Das Streben nach einer durchschnittlichen Inflationsrate von 2% bedeutet, dass die Fed die Zinssätze auf Null halten wird, bis die Inflation im Durchschnitt 2% erreicht, was noch einige Jahre dauern kann. Man kann sogar davon ausgehen, dass die Fed die Zinssätze für längere Zeit nicht anheben wird, selbst wenn die Inflation einige Jahre lang über 2% liegen sollte. Somit ist es wahrscheinlich, dass die Zinsen in den USA bis 2024 auf der effektiven Untergrenze oder bei Null bleiben werden.
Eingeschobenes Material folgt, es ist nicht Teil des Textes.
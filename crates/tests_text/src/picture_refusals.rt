//! Runs of `draw` that draw nothing, and a part of a long scenario.

use crate::drawn::{count, draw, draw_part};
use plumctl_draw::Excerpt;
use std::alloc::{AllocError, Global};

/// Returns a scenario of `count` commands.
fn of_commands(alloc: Global, count: usize) -> Result<Vec<u8>, AllocError> {
    let mut text = b"nodes 1\n".to_vec(alloc)?;
    for _command in 1..count {
        text.extend_from_slice(b"root 0\n")?;
    }
    Ok(text)
}

/// Returns whether nothing is written of a text from this line on, the status is 1, and this stands
/// at standard error.
fn is_refused(alloc: Global, text: &[u8], from: u64, told: &[u8]) -> bool {
    let drawn = draw(alloc, text, from);
    let is = drawn.status == 1
        && drawn.written.is_empty()
        && count(drawn.told.as_slice(), told) == 1;
    drop(drawn);
    is
}

/// Returns whether a picture is written of a text from this line on, and nothing at standard error.
fn is_drawn(alloc: Global, text: &[u8], from: u64) -> bool {
    let drawn = draw(alloc, text, from);
    let is = drawn.status == 0
        && drawn.told.is_empty()
        && count(drawn.written.as_slice(), b"</svg>") == 1;
    drop(drawn);
    is
}

/// Returns whether 201 commands are too many, and the last 200 of them aren't.
fn is_bounded(alloc: Global) -> Result<bool, AllocError> {
    let text = of_commands(alloc, 201)?;
    let all = is_refused(
        alloc,
        text.as_slice(),
        0,
        b"error: too long for a picture: commands 201 (at most 200), rows 201 (at most 2000): ",
    );
    let last = is_drawn(alloc, text.as_slice(), 2);
    drop(text);
    Ok(all && last)
}

/// Returns whether nothing is written of these lines of a text, the status is 2, and this is the
/// line at standard error.
fn has_nothing(alloc: Global, text: &[u8], (from, to): (u64, u64), told: &[u8]) -> bool {
    let part = Excerpt {
        from,
        to,
        fold: false,
    };
    let drawn = draw_part(alloc, text, part);
    let is = drawn.status == 2 && drawn.written.is_empty() && drawn.told.as_slice() == told;
    drop(drawn);
    is
}

/// The lines about parts without a command.
const NO_COMMAND: &[u8] = b"error: nothing to draw: the text has no command\n";

const NONE_ASKED: &[u8] =
    b"error: nothing to draw: no command stands in the lines that are asked for\n";

const TURNED: &[u8] = b"error: nothing to draw: --from is a later line than --to\n";

/// A text whose second line is skipped, and whose fourth breaks a rule.
const LINES: &[u8] = b"nodes 1\n# a comment\nroot 0\nroots\n";

#[test]
fn a_part_without_a_command_is_named(rt: HostRuntime) {
    let alloc = rt.alloc();
    let all = has_nothing(alloc, b"# a comment\n\n", (0, u64::MAX), NO_COMMAND);
    let skipped = has_nothing(alloc, LINES, (2, 2), NONE_ASKED);
    let behind = has_nothing(alloc, LINES, (5, u64::MAX), NONE_ASKED);
    let turned = has_nothing(alloc, LINES, (3, 2), TURNED);
    assert!(rt; all && skipped && behind && turned);
}

#[test]
fn a_bad_line_is_named(rt: HostRuntime) {
    assert!(rt; is_refused(rt.alloc(), b"nodes 1\nputs 0 x\n", 0, b"line 2: puts 0 x\n"));
}

#[test]
fn a_part_of_200_commands_is_drawn(rt: HostRuntime) {
    assert!(rt; is_bounded(rt.alloc()) == Ok(true));
}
Diese Entwicklungen bei der US-Notenbank Fed sind für die Stimmung an den Märkten für Unternehmensanleihen in den Industrieländern äußerst positiv. Sie dürften die Anleger dazu ermutigen, ihre Allokationen zu Unternehmensanleihen zu erhöhen, da sich ihre Zweifel an der konjunkturellen Erholung lichten sollten. Die Veröffentlichung der erfolgreichen Testergebnisse für einen COVID-19-Impfstoff verleiht der Erholung nun eine zusätzliche Dimension und kurbelt so die Nachfrage nach Unternehmensanleihen an. Sobald die Unsicherheit abnimmt, dürfte die Jagd nach Renditen im Kontext ewig niedriger Zinsen wieder beginnen, zumal der Höhepunkt fundamentalen Kreditrisiken überschritten sein dürfte.

Bei der Erholung geht es um eine Verbesserung der Kreditkennzahlen. Das gesunkene Kreditrisiko hat bereits begonnen, sich zu manifestieren, wobei sich die Bonitätsveränderungen dank risikomindernder Maßnahmen, wie z.B. niedrigere Dividendenzahlungen, ausgesetzte Aktienrückkäufe, reduzierte M&A-Transaktionen sowie erneute Cashflow-Generierung, stabilisiert haben.